Lesie, thanks for the cute wish!!


----------



## trueblue (Jan 22, 2008)

Happy Birthday, Gabby and BJ. Pictures, please!


----------



## Sheri (Oct 11, 2008)

Happy birthday, kids!


----------



## RikiDaisyDixie (Apr 15, 2008)

*does BJ like weird food too?*

I think you should rename her Salsa! Or Guacamole! Does BJ have a taste for the gourmet or is it just a girl thing?

Happy Birthday adorable puppies and their cuter hu-moms! And their breeder too.


----------



## Kathy (Nov 9, 2006)

*baby pics*

Bellatak Presidential litter birthday!


----------



## lfung5 (Jun 30, 2007)

Happy Birthday!


----------



## tabby2 (Jan 19, 2009)

Thanks for all the good wishes, and happy birthday to Gabby and the rest of the litter. 

Hard to believe my little guy is a whole year old. He's such a sweet, funny little ball of fun! Here are a few photos of BJ's first year:


----------



## Posh's Mom (Dec 20, 2007)

whoa! where did the year go?! happy birthday you beautiful pups.


----------



## mellowbo (Aug 12, 2007)

And here are a few of Gabby's first year.......


----------



## tabby2 (Jan 19, 2009)

She's just beautiful, Carole! But you didn't include the Youtube video so everyone could enjoy her beautiful voice again!!


----------



## Beamer (Jan 29, 2007)

Happy Birthday guys!!

Ryan


----------



## LuvCicero (Mar 31, 2008)

"HAPPY BIRTHDAY" to two beautiful Havs!!


----------



## ama0722 (Nov 28, 2006)

Just gorgeous  I am glad you two got a puppy from this litter and are on the forum to share pics!

jane- what about his champion picture-a big day in his little life!

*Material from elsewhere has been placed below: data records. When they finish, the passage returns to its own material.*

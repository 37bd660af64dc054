//! Laws of the texts that are read.

ghost use Rattle.std.specs.Prelude.{◌≡◌, ◌≤◌, length};
ghost use Rattle.grammar.specs.Pieces.{Text};
ghost use Rattle.st_ast.specs.Checks.{stms_count};
ghost use Rattle.st_ast.specs.ReadsAs.{ReadsAsProgram, Derives};
ghost use Rattle.st_ast.specs.Tree as tree;
ghost use Rattle.st_read.specs.Refusals.{RefusalDue};
ghost use Rattle.st_read.specs.declared.error.StErr.{StErr};
ghost use Rattle.st_read.specs.declared.error.StErr.TheVariants.{Memory as no_memory};

/// A text reads as at most one program.
pub fn one_program()
    ensures { (text : Text) (p q : tree.Program) → ReadsAsProgram text p → ReadsAsProgram text q → p ≡ q }
{}

/// A text that is refused for another cause than want of memory derives no program.
pub fn no_program_where_refused()
    ensures { (text : Text) (why : StErr) → RefusalDue text why → (why ≡ no_memory → ⊥)
        → (p : tree.Program) → Derives text p → ⊥ }
{}

/// The variables and the statements of a program number at most the bytes of its text.
pub fn programs_are_small()
    ensures { (text : Text) (p : tree.Program) → Derives text p
        → (length p.vars ≤ length text) × (stms_count p.body ≤ length text) }
{}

Carole-I just adore her face and think you scored in that department. Don't tell dash but I like the lighter face!


----------



## Poornima (Jun 29, 2007)

Happy Birthday, Gabby and BJ! They are sooo adorable!


----------



## mellowbo (Aug 12, 2007)

tabby2 said:


> She's just beautiful, Carole! But you didn't include the Youtube video so everyone could enjoy her beautiful voice again!!


LOLOLOL, the opera star? I think she and BJ should do a duet!

Thanks Amanda, I love her face too!


----------



## luv3havs (Jul 27, 2007)

Carole,
Gabby is just beautiful. I enjoyed seeing the review of her first year.
Great Pics.


----------



## Julie (Feb 8, 2007)

OMG---HOW DID I MISS THIS?!?!

:juggle::tea: Happy Belated Birthday BJ and Gabby! :tea::juggle: You share the same birthday as my Robbie! 2/15 :wink:

I hope you celebrated in style. You both scored on your beautiful Bellatak pups!:thumb:


----------